Nous avons très largement examiné la draconienne Directive Sur Le Temps de Travail de l'UE par le passé (voir ici, ici, ici, ici, ici et ici, par exemple), en lançant l'avertissement qu'elle n'allait pas disparaitre d'elle-même. Elle est de retour à la une après qu'une nouvelle étude ait mis en évidence l'impact négatif qu'elle a sur le Service National de Santé NHS au Royaume Uni.
L'étude auprès de 500 chirurgiens de haut rang pour l'Ecole Royale des Chirurgiens avertit que les règles de cette directive étaient en train de créer une génération de « pointeurs » dotés d'une « éthique du travail paresseuse » qui ne ressentent plus de responsabilité personnelle pour leur patient. Parmi les docteurs qui ont respecté les 48 heures, 56% ont dit qu'ils l'ont fait aux dépens de la santé des patients.

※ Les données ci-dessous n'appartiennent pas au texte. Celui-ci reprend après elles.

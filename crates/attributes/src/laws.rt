//! Laws of attributes. Each is the contract of a function that does nothing.
ghost use Rattle.std.specs.Prelude.{◌≡◌, ℕ, ◌+◌, ◌*◌, ◌<◌, ◌≤◌, length};
ghost use Rattle.std.specs.List.{sum_by};
ghost use Rattle.hg_base.specs.Graph.{WeightedGraph, IsGraph};
ghost use Rattle.tree_laws.specs.Tree.{IsAbove, graph_tree};
ghost use Rattle.attributes.specs.Attributes.{area, floor, vertices_below, area_of, volume_under, altitude_over};

/// No floor of a vertex below a node is above the altitude of the node's parent, so that the subtractions in volume and
/// dynamics cut nothing off.
pub fn floors_are_low()
    ensures { (g : WeightedGraph) (i x : ℕ) → IsGraph g → i < length (graph_tree g).parents → x < g.n → IsAbove (graph_tree g) i x →
        floor g x ≤ altitude_over (graph_tree g) i }
{}

/// The volume of a node and the sum of its vertices' areas times their floors are the area times the altitude over it.
pub fn volume_by_area()
    ensures { (g : WeightedGraph) (i : ℕ) → IsGraph g → i < length (graph_tree g).parents →
        volume_under g (altitude_over (graph_tree g) i) (vertices_below (graph_tree g) i) + sum_by (λ x. area g x * floor g x) (vertices_below (graph_tree g) i)
        ≡ altitude_over (graph_tree g) i * area_of g (vertices_below (graph_tree g) i) }
{}
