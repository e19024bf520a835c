ghost use Rattle.std.specs.Prelude.{◌≡◌, length, IfOk};
ghost use Rattle.attributes.specs.Report.{attributes_report, attributes_line};

use crate::table::Attributes;
use hg_base::OutOfMemory;
use report_lines::{LineWriter, Lines, Pieces, pieces_of, text_of};
use std::alloc::{AllocError, Global};
use std::thread::Threads;

// The room for a node's line: four numbers of at most 7, 10, 20 and 10 digits.
const NODE_LINE: usize = 51;

/// The report of attributes: `attributes NODES`, then for each node `NUMBER AREA VOLUME DYNAMICS`.
pub fn write_attributes(alloc: Global, attributes: &Attributes) -> Result<Vec<u8>, OutOfMemory>
    ensures { IfOk result (λ text. text.items ≡ attributes_report attributes.now) }
{
    let count = [u64::from(attributes.nodes())];
    text_of(alloc, "attributes", &count, &NodeLines { attributes })
}

/// The same report in pieces, which threads of their own make where there are many nodes.
pub fn attributes_pieces(
    rt: &(impl Threads + Sync),
    alloc: Global,
    attributes: &Attributes,
) -> Result<Pieces, OutOfMemory>
    ensures { IfOk result (λ pieces. pieces ≡ attributes_report attributes.now) }
{
    let count = [u64::from(attributes.nodes())];
    pieces_of(rt, alloc, "attributes", &count, &NodeLines { attributes })
}

// A line for each node: its number, its area, its volume and its dynamics.
#[derive(Clone, Copy)]
struct NodeLines<'a> {
    attributes: &'a Attributes,
}

impl Lines for NodeLines<'_> {
    ghost count = { λ lines. length lines.attributes.now.areas };

    ghost line = { λ lines i. attributes_line lines.attributes.now i };

    fn len(&self) -> usize {
        self.attributes.nodes() as usize
    }

    fn room(&self) -> usize {
        NODE_LINE
    }

    #[tactic(auto, using(std::proofs::lemmas::Option::get_or_from_slice_get))]
    fn write(&self, text: &mut LineWriter, i: usize) -> Result<(), AllocError> {
        let nodes = self.attributes.nodes() as usize;
        prove!(i < nodes);
        let node = i as u32;
        let area = self.attributes.area(node);
        let volume = self.attributes.volume(node);
        text.push_line(&[i as u64, area, volume, self.attributes.dynamics(node)])
    }
}
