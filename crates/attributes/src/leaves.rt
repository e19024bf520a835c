ghost use Rattle.std.specs.Prelude.{◌≡◌, ℕ, ◌*◌, ◌<◌, ◌≤◌, ◌^◌, All, length, map, slice_index, IfOk};
ghost use Rattle.std.specs.List.{range_with_len};
ghost use Rattle.attributes.specs.Attributes.{area};

use hg_base::Graph;
use std::alloc::{AllocError, Global};

/// The area of each vertex.
pub(crate) fn areas(alloc: Global, graph: &Graph) -> Result<Vec<u64>, AllocError>
    ensures areas { IfOk result (λ areas. areas.items ≡ map (area graph.now) (range_with_len 0 graph.now.n)) }
    ensures small { IfOk result (λ areas. All (λ a. a ≤ 4096) areas.items) }
{
    let mut areas = Vec::with_capacity(alloc, graph.n() as usize)?;
    for x in 0..graph.n() {
        areas.push(u64::from(graph.area(x)))?;
    }
    Ok(areas)
}

/// The area of each vertex times its floor.
pub(crate) fn products(alloc: Global, areas: &[u64], floors: &[u64]) -> Result<Vec<u64>, AllocError>
    requires one_each { length floors.now ≡ length areas.now }
    requires small { All (λ a. a ≤ 4096) areas.now }
    requires light { All (λ w. w < 2 ^ 32) floors.now }
    ensures { IfOk result (λ products. products.items ≡ map (λ x. slice_index areas.now x * slice_index floors.now x) (range_with_len 0 (length areas.now))) }
{
    let mut products = Vec::with_capacity(alloc, areas.len())?;
    for (x, area) in areas.iter().enumerate() {
        products.push(*area * floors[x])?;
    }
    Ok(products)
}
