ghost use Rattle.std.specs.Prelude.{◌≡◌, ◌<◌, ◌≤◌, length, map, IfOk, slice_set, slice_index_or, replicate, Some, None};
ghost use Rattle.std.specs.List.{range_with_len};
ghost use Rattle.attributes.specs.Attributes.{floor};
ghost use Rattle.attributes.specs.Floors.{AreLightest, lowered};

use hg_base::Graph;
use std::alloc::{AllocError, Global};

/// The floor of each vertex: the least weight of an edge at it, or 0 where it has none.
pub(crate) fn floors(alloc: Global, graph: &Graph) -> Result<Vec<u64>, AllocError>
    ensures { IfOk result (λ floors. floors.items ≡ map (floor graph.now) (range_with_len 0 graph.now.n)) }
{
    let lightest = lightest(alloc, graph)?;
    let mut floors = Vec::with_capacity(alloc, graph.n() as usize)?;
    for x in 0..graph.n() {
        floors.push(u64::from(lightest[x as usize].unwrap_or(0)))?;
    }
    Ok(floors)
}

// The least weight of an edge at each vertex, if it has one.
fn lightest(alloc: Global, graph: &Graph) -> Result<Vec<Option<u32>>, AllocError>
    ensures { IfOk result (λ lightest. AreLightest graph.now lightest.items) }
{
    let mut lightest = vec![in alloc; None; graph.n() as usize]?;
    note_weights(graph, &mut lightest);
    Ok(lightest)
}

// Notes the weight of each edge at both of its ends.
fn note_weights(graph: &Graph, lightest: &mut [Option<u32>])
    requires { lightest.old ≡ replicate graph.now.n None }
    ensures { AreLightest graph.now lightest.new }
{
    for e in 0..graph.m() {
        let edge = graph.edge(e);
        lower(lightest, edge.u, edge.w);
        lower(lightest, edge.v, edge.w);
    }
}

// Notes a weight at a vertex where none is noted that is as light.
fn lower(lightest: &mut [Option<u32>], x: u32, weight: u32)
    requires { x < length lightest.old }
    ensures { lightest.new ≡ slice_set lightest.old x (lowered (slice_index_or lightest.old x None) weight) }
{
    let least = match lightest[x as usize] {
        Some(noted) => noted.min(weight),
        None => weight,
    };
    lightest[x as usize] = Some(least);
}
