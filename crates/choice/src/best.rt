// The best route so far, and what the next candidate makes of it: it is removed, or the two meet (01, "Choosing a route").
ghost use Rattle.std.specs.Prelude.{◌≡◌, ◌<◌};
ghost use Rattle.rules.specs.Settings.{candidates_max};
ghost use Rattle.choice.specs.Keys.{Reads};
ghost use Rattle.choice.specs.Bests.{is_removed, rank, met, left_in, offered, taken};

use super::keys::{Keys, goes_before, keys_of};
use attributes::layout::Layout;
use rules::Offer;
use settings::modes::{DROP_INVALID, PRIORITISE};
use settings::states::{INVALID, NOT_FOUND, UNAVAILABLE, VALID};

// The best route so far: how many are left of its class, it among them, its class, its index and its keys.
#[derive(Clone, Copy)]
pub struct BestRoute {
    pub left: usize,
    pub rank: usize,
    pub index: usize,
    pub keys: Keys,
}

// Whether a candidate is removed whatever the others are: its block has an OTC, it is the client's own, or the mode drops it.
fn removed(mode: u8, client: u32, otc: bool, state: u8, address: u32) -> bool
    ensures { result ≡ is_removed mode client otc state address }
{
    if otc {
        return true;
    }
    if address == client {
        return true;
    }
    if mode != DROP_INVALID {
        return false;
    }
    state == INVALID
}

// The class by which a mode prefers a state: 0; then 1 and 3; then 2. One class for all where the mode does not prioritise.
fn rank_of(mode: u8, state: u8) -> usize
    ensures { result ≡ rank mode state }
{
    if mode != PRIORITISE {
        return 0;
    }
    match state {
        VALID => 0,
        NOT_FOUND => 1,
        UNAVAILABLE => 1,
        _ => 2,
    }
}

// The best route so far meets the next candidate. Internal.
fn meet(best: BestRoute, rank: usize, index: usize, keys: Keys) -> BestRoute
    requires { best.left < candidates_max }
    ensures { result ≡ met best rank index keys }
{
    if best.rank < rank {
        return best;
    }
    if rank < best.rank {
        return BestRoute {
            left: 1,
            rank,
            index,
            keys,
        };
    }
    let left = best.left + 1;
    let holder = best.keys;
    if goes_before(keys, holder) {
        return BestRoute {
            left,
            rank,
            index,
            keys,
        };
    }
    BestRoute {
        left,
        rank,
        index: best.index,
        keys: holder,
    }
}

// The best route so far, None where there is none yet, once one candidate more is removed or met, of which the block reads cleanly. Internal.
pub fn take(
    best: Option<BestRoute>,
    mode: u8,
    client: u32,
    index: usize,
    offer: Offer,
    block: &[u8],
    layout: Layout,
) -> Option<BestRoute>
    requires { Reads block.now layout × (left_in best < candidates_max) }
    ensures { result ≡ taken mode client best index (offered offer block.now) }
{
    let otc = layout.otc < block.len();
    if removed(mode, client, otc, offer.state, offer.address) {
        return best;
    }
    let rank = rank_of(mode, offer.state);
    let keys = keys_of(block, layout, offer.identifier, offer.address);
    let Some(route) = best else {
        return Some(BestRoute {
            left: 1,
            rank,
            index,
            keys,
        });
    };
    Some(meet(route, rank, index, keys))
}
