// Choosing one route for a route-server client, and comparing two (01, "Choosing a route"; source 002).
//
// Candidates come as a table of 17 bytes each, numbers high byte first: where the block begins in the buffer 4, how many bytes it
// has 4, state 1, the sender's identifier 4 and address 4.
#![tactic(auto)]

pub mod best;
pub mod keys;
pub mod offers;

ghost use Rattle.std.specs.Prelude.{◌≡◌, [], Err};
ghost use Rattle.rules.specs.Answers.{told, answer_number, beside_number};
ghost use Rattle.rules.specs.declared.Refusal.TheVariants.{BadCandidate};
ghost use Rattle.rules.specs.Choice.{choose_in, better, told_chosen, Compared};

use attributes::read;
use best::take;
use keys::{Sender, goes_before, keys_of};
use offers::{OFFER_SIZE, out_of_range, read_offer};
use rules::{CANDIDATES_MAX, Chosen, Refusal};
use settings::modes::mode_meant;
use settings::ranges::mode_ok;

// What comparing two candidates tells: the winner's index, or the refusal of the first bad one; and the winner's own block, or on a refusal
// an empty part of the first candidate's.
#[derive(Clone, Copy)]
pub struct Comparison<'a> {
    pub told: Result<usize, Refusal>,
    pub shown: &'a [u8],
}

// The route for the client with this address, among the candidates of a table.
pub fn choose(mode: u8, client: u32, buffer: &[u8], offers: &[u8]) -> Result<Chosen, Refusal>
    ensures { told_chosen result ≡ choose_in mode client buffer.now offers.now }
{
    if !mode_ok(mode) {
        return Err(Refusal::BadSetting);
    }
    let count = offers.len() / OFFER_SIZE;
    if offers.len() % OFFER_SIZE != 0 || CANDIDATES_MAX < count {
        return Err(Refusal::BadLength);
    }
    let meant = mode_meant(mode);
    let mut best = None;
    for (index, bytes) in offers.chunks_exact(OFFER_SIZE).enumerate() {
        let offer = read_offer(bytes);
        let start = offer.start as usize;
        let end = start + offer.size as usize;
        if buffer.len() < end {
            return Err(Refusal::BadCandidate(index));
        }
        let block = &buffer[start..end];
        if out_of_range(block.len(), offer.state) {
            return Err(Refusal::BadCandidate(index));
        }
        let Ok(layout) = read(block) else {
            return Err(Refusal::BadCandidate(index));
        };
        best = take(best, meant, client, index, offer, block, layout);
    }
    let Some(route) = best else {
        return Err(Refusal::NoRoute);
    };
    Ok(Chosen {
        index: route.index,
        left: route.left,
    })
}

// What comparing tells of a bad candidate, the first or the second.
fn bad<'a>(index: usize, first: &'a [u8]) -> Comparison<'a>
    ensures { (result.told ≡ Err (BadCandidate index)) × ((result.shown.ref_ptr ≡ first.entry.ref_ptr) × (result.shown.now ≡ [])) }
{
    Comparison {
        told: Err(Refusal::BadCandidate(index)),
        shown: &first[..0],
    }
}

// The better of two candidates, by the order alone.
pub fn better<'a>(a: &'a [u8], sender: Sender, b: &'a [u8], other: Sender) -> Comparison<'a>
    ensures { let decided = better (record { block = a.now; state = sender.state; identifier = sender.identifier; address = sender.address }) (record { block = b.now; state = other.state; identifier = other.identifier; address = other.address }) in (told result.told ≡ decided)
        × Compared decided a.entry b.entry result.shown (answer_number (told result.told)) (beside_number (told result.told)) }
{
    if out_of_range(a.len(), sender.state) {
        return bad(0, a);
    }
    let Ok(layout) = read(a) else {
        return bad(0, a);
    };
    if out_of_range(b.len(), other.state) {
        return bad(1, a);
    }
    let Ok(places) = read(b) else {
        return bad(1, a);
    };
    let x = keys_of(a, layout, sender.identifier, sender.address);
    let y = keys_of(b, places, other.identifier, other.address);
    if goes_before(y, x) {
        return Comparison {
            told: Ok(1),
            shown: b,
        };
    }
    Comparison {
        told: Ok(0),
        shown: a,
    }
}
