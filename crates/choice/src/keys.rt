// The comparison keys of a candidate, and the order of routes by them (01, "Choosing a route"; RFC 4271 section 9.1.2.2).
ghost use Rattle.std.specs.Prelude.{◌≡◌};
ghost use Rattle.rules.specs.Choice.{before};
ghost use Rattle.choice.specs.Keys.{Reads, keys_in, listed};

use as_path::path_length;
use attributes::layout::Layout;
use attributes::value;

// What a candidate has beside its block: its state, and the sender's identifier and address.
#[derive(Clone, Copy)]
pub struct Sender {
    pub state: u8,
    pub identifier: u32,
    pub address: u32,
}

// The keys in their order, by which routes are ordered, each as wide as an address: such a struct comes back without being packed and taken
// apart again.
#[derive(Clone, Copy, PartialEq, Eq, PartialOrd, Ord)]
pub struct Keys {
    pub path: usize,
    pub origin: usize,
    pub identifier: usize,
    pub address: usize,
}

// The keys of a candidate whose block reads cleanly, by where its attributes are. Internal.
pub fn keys_of(block: &[u8], layout: Layout, identifier: u32, address: u32) -> Keys
    requires { Reads block.now layout }
    ensures { result ≡ keys_in block.now identifier address }
{
    Keys {
        path: path_length(value(block, layout.as_path)),
        origin: attributes::origin(value(block, layout.origin)) as usize,
        identifier: identifier as usize,
        address: address as usize,
    }
}

// Whether x goes before y: shortest path, lowest ORIGIN, lowest identifier, lowest address.
pub fn goes_before(x: Keys, y: Keys) -> bool
    ensures { result ≡ before (listed x) (listed y) }
{
    x < y
}
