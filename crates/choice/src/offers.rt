// Candidates as a table offers them, and which are bad by their size or state alone (01, "Choosing a route").
ghost use Rattle.std.specs.Prelude.{◌≡◌, not, ◌||◌, ltb, length};
ghost use Rattle.rules.specs.Settings.{block_max, state_ok};
ghost use Rattle.rules.specs.Choice.{offer_size, offer};

use octets::number4_at;
use rules::{BLOCK_MAX, Offer};
use settings::ranges::state_ok;

// How many bytes a candidate has in the table.
pub const OFFER_SIZE: usize = 17;

// Reads a candidate's bytes in the table. Internal.
pub fn read_offer(bytes: &[u8]) -> Offer
    requires { length bytes.now ≡ offer_size }
    ensures { result ≡ offer bytes.now }
{
    Offer {
        start: number4_at(bytes, 0),
        size: number4_at(bytes, 4),
        state: bytes[8],
        identifier: number4_at(bytes, 9),
        address: number4_at(bytes, 13),
    }
}

// A candidate is bad for its size, "over 4,073", or for its "state above 3".
pub fn out_of_range(size: usize, state: u8) -> bool
    ensures { result ≡ (ltb block_max size || not (state_ok state)) }
{
    if BLOCK_MAX < size {
        return true;
    }
    !state_ok(state)
}
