// The fields of a chunk, in the order of Lua 5.1's ldump.c. Each reader reads the field at an offset and gives the offset behind it, or
// what is wrong with the bytes. Bytes and offset are two parameters: an offset goes in and comes out, and `?` hands it on; a struct of
// both would have to promise at each step that its bytes stay. `as usize` stands where Rust has no `From<u32>`.
ghost use Rattle.std.specs.Prelude.{◌≡◌, ◌+◌, ◌-◌, ◌/◌, leb, length};
ghost use Rattle.lua51_deserializer.specs.Chunk.{again, field, limited, byte_to, count_to, counted, body, string, present, constant, head, code, constants, lines, locals, names};
ghost use Rattle.lua51_deserializer.specs.Cursor.{read_of, local};

use crate::elements::{Constant, Local, Name, counted};
use basics::slices::at_or;
use lua51_value::bytes::int_at;
use lua51_value::value::{KIND_BOOLEAN, KIND_NIL, KIND_NUMBER, KIND_STRING};

// What is wrong with a chunk's bytes: refusals 1 to 6, each with its place.
#[derive(Clone, Copy, PartialEq, Eq, Debug)]
pub enum ChunkFault {
    // 1: the chunk is too long
    TooLong,
    // 2: a header byte differs
    HeaderDiffers(usize),
    // 3: the bytes end inside a field
    Ended(usize),
    // 4: a field holds what it may not
    OutOfRange(usize),
    // 5: too many functions, or too deep
    TooManyFunctions(usize),
    // 6: bytes are left over
    LeftOver(usize),
}

// Sizes of fields.
pub const BYTE_SIZE: usize = 1;

pub const INT_SIZE: usize = 4;

const NUMBER_SIZE: usize = 8;

// Limits: refusal 4.
pub const MOST_WORDS: u32 = 8192;

pub const MOST: u32 = 65536;

const MOST_FLAGS: u32 = 7;

const MOST_BOOLEAN: u32 = 1;

// Whether the bytes go on for `size` bytes from offset `at`.
pub fn whole(s: &[u8], at: usize, size: usize) -> bool
    ensures { result ≡ leb (at + size) (length s.now) }
{
    at <= s.len() && size <= s.len() - at
}

// A field of `size` bytes, of any content.
#[tactic(auto, unfolding(crate::specs::Chunk::field))]
pub fn field(s: &[u8], at: usize, size: usize) -> Result<usize, ChunkFault>
    ensures { read_of result ≡ field s.now size at }
{
    if whole(s, at, size) {
        return Ok(at + size);
    }
    Err(ChunkFault::Ended(at))
}

// A field of `size` bytes whose value may not be above a limit.
#[tactic(auto, using(crate::proofs::FieldsInTurn::limited_in_turn))]
pub fn limited(
    s: &[u8],
    at: usize,
    size: usize,
    limit: u32,
    value: u32,
) -> Result<usize, ChunkFault>
    ensures { read_of result ≡ limited s.now size limit value at }
{
    let behind = field(s, at, size)?;
    if limit < value {
        return Err(ChunkFault::OutOfRange(at));
    }
    Ok(behind)
}

// A byte that may not be above a limit. (It and the next are `limited` at a size: their names are the definition's.)
pub fn byte_to(s: &[u8], at: usize, limit: u32) -> Result<usize, ChunkFault>
    ensures { read_of result ≡ byte_to s.now limit at }
{
    limited(s, at, BYTE_SIZE, limit, u32::from(at_or(s, at, 0)))
}

// A count, or a string's size, that may not be above a limit.
pub fn count_to(s: &[u8], at: usize, limit: u32) -> Result<usize, ChunkFault>
    ensures { read_of result ≡ count_to s.now limit at }
{
    limited(s, at, INT_SIZE, limit, int_at(s, at))
}

// A string's `size` bytes, the last of them 0; none where it is absent.
#[tactic(auto, using(crate::proofs::FieldsInTurn::body_in_turn), unfolding(crate::specs::Chunk::body))]
pub fn body(s: &[u8], at: usize, size: usize) -> Result<usize, ChunkFault>
    ensures { read_of result ≡ body s.now size at }
{
    if size == 0 {
        return Ok(at);
    }
    let behind = field(s, at, size)?;
    let last = at_or(s, at + (size - 1), 0);
    if last != 0 {
        return Err(ChunkFault::OutOfRange(at));
    }
    Ok(behind)
}

// A string, which may be absent: its size and its body.
#[tactic(auto, unfolding(crate::specs::Chunk::string))]
pub fn string(s: &[u8], at: usize) -> Result<usize, ChunkFault>
    ensures { read_of result ≡ string s.now at }
{
    let text = count_to(s, at, MOST)?;
    body(s, text, int_at(s, at) as usize)
}

// A string that may not be absent.
#[tactic(auto, using(crate::proofs::FieldsInTurn::present_in_turn))]
pub fn present(s: &[u8], at: usize) -> Result<usize, ChunkFault>
    ensures { read_of result ≡ present s.now at }
{
    field(s, at, INT_SIZE)?;
    if int_at(s, at) == 0 {
        return Err(ChunkFault::OutOfRange(at));
    }
    string(s, at)
}

// A constant: its kind and what is behind it. Always inlined, into the loops that go from constant to constant: called, a listing of many
// constants takes up to 40 % more instructions.
#[inline(always)]
#[tactic(auto, using(crate::proofs::FieldsInTurn::constant_in_turn))]
pub fn constant(s: &[u8], at: usize) -> Result<usize, ChunkFault>
    ensures { read_of result ≡ constant s.now at }
{
    let behind = field(s, at, BYTE_SIZE)?;
    match at_or(s, at, 0) {
        KIND_NIL => Ok(behind),
        KIND_BOOLEAN => byte_to(s, behind, MOST_BOOLEAN),
        KIND_NUMBER => field(s, behind, NUMBER_SIZE),
        KIND_STRING => present(s, behind),
        _ => Err(ChunkFault::OutOfRange(at)),
    }
}

// A local variable: its name and two lines.
pub fn local(s: &[u8], at: usize) -> Result<usize, ChunkFault>
    ensures { read_of result ≡ local s.now at }
{
    let first_line = string(s, at)?;
    let last_line = field(s, first_line, INT_SIZE)?;
    field(s, last_line, INT_SIZE)
}

// How many 4-byte numbers are whole from offset `at` on.
fn numbers_left(s: &[u8], at: usize) -> usize
    ensures { result ≡ (length s.now - at) / 4 }
{
    s.len().saturating_sub(at) / INT_SIZE
}

// `n` numbers, of any content; the first that is not whole is refused. They are counted, not gone through as elements are,
// which took 2 % more instructions (docs/PERFORMANCE.md).
fn numbers(s: &[u8], at: usize, n: u32) -> Result<usize, ChunkFault>
    ensures { read_of result ≡ again (field s.now 4) n at }
{
    let count = n as usize;
    let left = numbers_left(s, at);
    if left < count {
        return Err(ChunkFault::Ended(at + INT_SIZE * left));
    }
    Ok(at + INT_SIZE * count)
}

// A counted list of numbers: no `counted`, for the reason at `numbers`.
#[tactic(auto, unfolding(crate::specs::Chunk::counted))]
fn counted_numbers(s: &[u8], at: usize, limit: u32) -> Result<usize, ChunkFault>
    ensures { read_of result ≡ counted s.now limit (field s.now 4) at }
{
    let first = count_to(s, at, limit)?;
    numbers(s, first, int_at(s, at))
}

// What a function begins with: its source, two lines, upvalues, parameters, flags and stack.
#[tactic(auto, unfolding(crate::specs::Chunk::head))]
pub fn head(s: &[u8], at: usize) -> Result<usize, ChunkFault>
    ensures { read_of result ≡ head s.now at }
{
    let first_line = string(s, at)?;
    let last_line = field(s, first_line, INT_SIZE)?;
    let upvalues = field(s, last_line, INT_SIZE)?;
    let parameters = field(s, upvalues, BYTE_SIZE)?;
    let flags = field(s, parameters, BYTE_SIZE)?;
    let stack = byte_to(s, flags, MOST_FLAGS)?;
    field(s, stack, BYTE_SIZE)
}

// A function's words. (This and the four below are one line each: their names are the definition's.)
#[tactic(auto, unfolding(crate::specs::Chunk::code))]
pub fn code(s: &[u8], at: usize) -> Result<usize, ChunkFault>
    ensures { read_of result ≡ code s.now at }
{
    counted_numbers(s, at, MOST_WORDS)
}

// A function's constants.
#[tactic(auto, unfolding(crate::specs::Chunk::constants))]
pub fn constants(s: &[u8], at: usize) -> Result<usize, ChunkFault>
    ensures { read_of result ≡ constants s.now at }
{
    counted::<Constant>(s, at, MOST)
}

// The source lines of a function's words.
#[tactic(auto, unfolding(crate::specs::Chunk::lines))]
pub fn lines(s: &[u8], at: usize) -> Result<usize, ChunkFault>
    ensures { read_of result ≡ lines s.now at }
{
    counted_numbers(s, at, MOST)
}

// A function's local variables.
#[tactic(auto, unfolding(crate::specs::Chunk::locals))]
pub fn locals(s: &[u8], at: usize) -> Result<usize, ChunkFault>
    ensures { read_of result ≡ locals s.now at }
{
    counted::<Local>(s, at, MOST)
}

// The names of a function's upvalues.
#[tactic(auto, unfolding(crate::specs::Chunk::names))]
pub fn names(s: &[u8], at: usize) -> Result<usize, ChunkFault>
    ensures { read_of result ≡ names s.now at }
{
    counted::<Name>(s, at, MOST)
}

Et aujourd'hui nous apprenons par une analyse plus poussée de la part de la même école que des milliers d'autres patients attendent maintenant plus de 18 semaines leur intervention du fait des règles de l'UE. En fait, les temps d'attente avaient baissé depuis les années 90, mais les règles de la Directive Sur Le Temps de Travail pour les médecins juniors, mises en application en août dernier, ont inversé la tendance. La proportion de patients du NHS qui doivent attendre plus longtemps que le délai visé de 18 semaines a presque doublé de 1,5% il y a 18 mois à presque 3% en mars de cette année.
Comme l'a formulé le président de l'Ecole Royale des Chirurgiens, John Black, « dire que la Directive de l'UE Sur Le Temps de Travail est un échec spectaculaire serait massivement en dessous de la vérité. »
Au total, elle coûte à l'économie du Royaume Uni entre 3,5 et 3,9 milliards de Livres Sterling chaque année (en ces temps d'austérité), ce qui en fait la loi de l'UE la plus chère dans les livres de statuts du Royaume Uni. Ça en fait aussi un des exemples les plus clairs de règlementation de l'UE qui continue de générer des coûts écrasants d'année en année mais que personne ne remet en cause. C'est aussi un camouflet pour ceux qui prétendent que le droit social de l'UE est effectivement mort.
La combinaison des règles sur le temps d'astreinte, le repos compensatoire et les 48 heures a depuis des années imposé de lourds fardeaux aux secteurs public et aux entreprises dans toute l'Europe (en Suède, en Allemagne et aux Pays Bas par exemple) sans avantages suffisants en retour. Tenter de planifier centralement comment la semaine de travail devrait s'organiser dans 27 pays différents (avec des systèmes de soins de santés et des modèles de marché du travail différents, etc.) ne pouvait qu'entrainer des problèmes.
Très peu de gouvernements Européens ont un affection particulière pour la Directive de l'UE Sur Le Temps De Travail (le Parlement Européen, ça, c'est une autre histoire). Au moins 15 États membres sont en train de recourir à la clause de retrait pour les 48 heures pour contourner les règles d'astreintes et de repos. Mais à cause de la difficulté qu'il y a à changer les lois de l'UE une fois qu'elle font l'objet d'un accord, la Directive reste en place malgré les coûts et malgré les preuves de son échec.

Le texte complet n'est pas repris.